What has been the impact so far and what can be expected in the near future?
After the project the use of the Learning Toolbox was spread across all trades in which Bau-ABC Rostrup provides apprentice training. Consequently, the apprentices have started to complete their projects with the help of the Learning Toolbox. Based on this pioneering case, other German training centres in the construction sector are in the process of adopting the Learning Toolbox both for initial VET and for continuing VET. There are also teacher groups at a number of medical faculties in Germany who have adopted the LTB for practice training. Due to the closure of the training centres because of the COVID19-epidemic the trainers of Bau-ABC Rostrup have prepared trade-specific stacks with the Learning Toolbox to support independent learning.

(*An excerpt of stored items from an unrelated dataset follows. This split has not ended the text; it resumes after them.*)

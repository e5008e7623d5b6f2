// AES-128 by tables, and the expander of kind 1 that is made of it.
#![tactic(auto)]

ghost use Rattle.std.specs.Prelude.{◌≡◌, refl};
ghost use Rattle.aes.specs.Keys.{key_of};
ghost use Rattle.standards.specs.Fips197.{cipher};
ghost use Rattle.standards.specs.Kinds.{kind1, number};
ghost use Rattle.standards.proofs.Lengths.{wide1};

use expander::{Branches, Expander, Seed, Side};
pub use round_keys::RoundKeys;
use standards::{long_at, lowest_bit};

mod block;
mod cipher;
mod round_keys;
mod rounds;
mod schedule;
mod tables;

#[derive(Clone, Copy)]
pub struct Aes128;

// The seed that the encryption of a number is.
fn seed_number(keys: &RoundKeys, j: u8) -> Seed
    ensures { result.bytes ≡ cipher (key_of keys.now) (number j) }
{
    Seed {
        bytes: keys.encrypt_number(j),
    }
}

impl Expander for Aes128 {
    ghost meaning = { kind1 };

    ghost KIND = { 1 };

    const KIND: u8 = 1;

    ghost kind_of_meaning = { refl };

    ghost wide = { λ seed. wide1 seed };

    fn branch(&self, seed: Seed) -> Branches {
        let keys = RoundKeys::new(&seed.bytes);
        let bits = keys.encrypt_number(4);
        Branches {
            left: Side {
                seed: seed_number(&keys, 0),
                value: seed_number(&keys, 1),
                bit: lowest_bit(bits[0]),
            },
            right: Side {
                seed: seed_number(&keys, 2),
                value: seed_number(&keys, 3),
                bit: lowest_bit(bits[1]),
            },
        }
    }

    fn draw(&self, seed: Seed) -> [u64; 8] {
        let keys = RoundKeys::new(&seed.bytes);
        let a = keys.encrypt_number(5);
        let b = keys.encrypt_number(6);
        let c = keys.encrypt_number(7);
        let d = keys.encrypt_number(8);
        // Stays: two words of each of four blocks; a loop over blocks and halves would be no plainer.
        [
            long_at(&a, 0),
            long_at(&a, 8),
            long_at(&b, 0),
            long_at(&b, 8),
            long_at(&c, 0),
            long_at(&c, 8),
            long_at(&d, 0),
            long_at(&d, 8),
        ]
    }
}
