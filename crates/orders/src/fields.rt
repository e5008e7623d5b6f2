// Words of a line as what they must be.
ghost use Rattle.std.specs.Prelude.{◌≡◌, [], slice_index_or};
ghost use Rattle.std.specs.Fn.{FnOnceReturnsAt};
ghost use Rattle.orders.specs.Grammar.{kind_of, group_of, parts, payload_of, placed, field, ended};
ghost use Rattle.orders.specs.Text.{words, nth, pieces, number_of};

use crate::number::Number;
use crate::text::{number_of, piece_at, pieces_of, word_at};
use crate::types::{Fault, Group, Kind, Payload, Wrong};

// Stays: `TryFrom<&[u8]>` would say no more than this and the next function do, and its error is the same.
pub fn kind_of(word: &[u8]) -> Result<Kind, Wrong>
    ensures { result ≡ kind_of word.now }
{
    match word {
        b"1" => Ok(Kind::Aes),
        b"2" => Ok(Kind::ChaCha),
        b"3" => Ok(Kind::Zero),
        _ => Err(Wrong::UnknownKind),
    }
}

pub fn group_of(word: &[u8]) -> Result<Group, Wrong>
    ensures { result ≡ group_of word.now }
{
    match word {
        b"words" => Ok(Group::Words),
        b"flags" => Ok(Group::Flags),
        b"pair" => Ok(Group::Pair),
        b"quad" => Ok(Group::Quad),
        _ => Err(Wrong::UnknownGroup),
    }
}

// What was read of word number `n`, with that number where it was wrong.
pub fn placed<T: Drop>(word: &[u8], n: usize, read: Result<T, Wrong>) -> Result<T, Fault>
    ensures { result ≡ placed word.now n read }
{
    let read = if word.is_empty() {
        Err(Wrong::MissingWord)
    } else {
        read
    };
    read.map_err(|what| Fault { what, word: n })
}

// Word number `n` as what `read` reads of it, or what is wrong with that word.
// Stays: a line and the number of a word; a struct of both would be made anew at every word.
pub fn field<T: Drop, F: FnOnce(&[u8]) -> Result<T, Wrong>>(
    line: &[u8],
    n: usize,
    read: F,
) -> Result<T, Fault>
    requires { F.IsAlwaysCallable read }
    ensures { (r : _) × FnOnceReturnsAt F.FnOnce read (nth (words line.now) n) r
        × (result ≡ placed (nth (words line.now) n) n r) }
{
    let word = word_at(line, n);
    placed(word, n, read(word))
}

// Word number `n` as a decimal number of a type.
pub fn number_at<N: Number>(line: &[u8], n: usize) -> Result<N, Fault>
    ensures { result ≡ field (number_of N.held N.MOST) (words line.now) n }
{
    // Stays: a closure around the function: by its name, a function of a type parameter that is passed gets no proof.
    field(line, n, |word| number_of(word))
}

// No word number `n`: then all is read, and `x` is what was read.
pub fn ended<T: Drop>(line: &[u8], n: usize, x: T) -> Result<T, Fault>
    ensures { result ≡ ended (words line.now) n x }
{
    if word_at(line, n).is_empty() {
        Ok(x)
    } else {
        Err(Fault {
            what: Wrong::ExtraWord,
            word: n,
        })
    }
}

fn parts_of(group: Group) -> usize
    ensures { result ≡ parts group }
{
    match group {
        Group::Words | Group::Flags => 1,
        Group::Pair => 2,
        Group::Quad => 4,
    }
}

// Number `k` of those in a word with commas between them.
pub fn number_part<N: Number>(word: &[u8], k: usize) -> Result<N, Wrong>
    ensures { result ≡ number_of N.held N.MOST (slice_index_or (pieces 44 word.now) k []) }
{
    number_of(piece_at(word, b',', k))
}

// Numbers with commas between them, as many as the group has parts.
pub fn payload_of(group: Group, word: &[u8]) -> Result<Payload, Wrong>
    ensures { result ≡ payload_of group word.now }
{
    if pieces_of(word, b',') != parts_of(group) {
        return Err(Wrong::PayloadParts);
    }
    match group {
        Group::Words => Ok(Payload::Words(number_part(word, 0)?)),
        Group::Flags => Ok(Payload::Flags(number_part(word, 0)?)),
        Group::Pair => Ok(Payload::Pair(number_part(word, 0)?, number_part(word, 1)?)),
        // Stays: the four are fields of a variant; an array of them would only be taken apart again.
        Group::Quad => Ok(Payload::Quad(
            number_part(word, 0)?,
            number_part(word, 1)?,
            number_part(word, 2)?,
            number_part(word, 3)?,
        )),
    }
}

What have been key aspects for sustaining this initiative so long after the project
Altogether, the co-design process, the piloting phase and the follow-up phase have been characterised by intensive research & development dialogue (underpinned by an accompanying a research approach that dovetails with the co-design process), adjustment of the tool development to the pedagogic approach of the trainers and to the effort to promote self-organised learning of apprentices. In addition, the project work and the follow-up has been characterised by strong support from the accompanying researchers of ITB. Furthermore, the trainers of Bau-ABC have become strong multipliers of innovation both within their organisation and in their networking with other training centres and partner companies. At the end of the project it was not certain, how the innovations could be sustained and spread. In the construction sector it was essential that the developers of the Learning Toolbox and the accompanying researchers from ITB took several initiatives to launch follow-up activities with construction companies.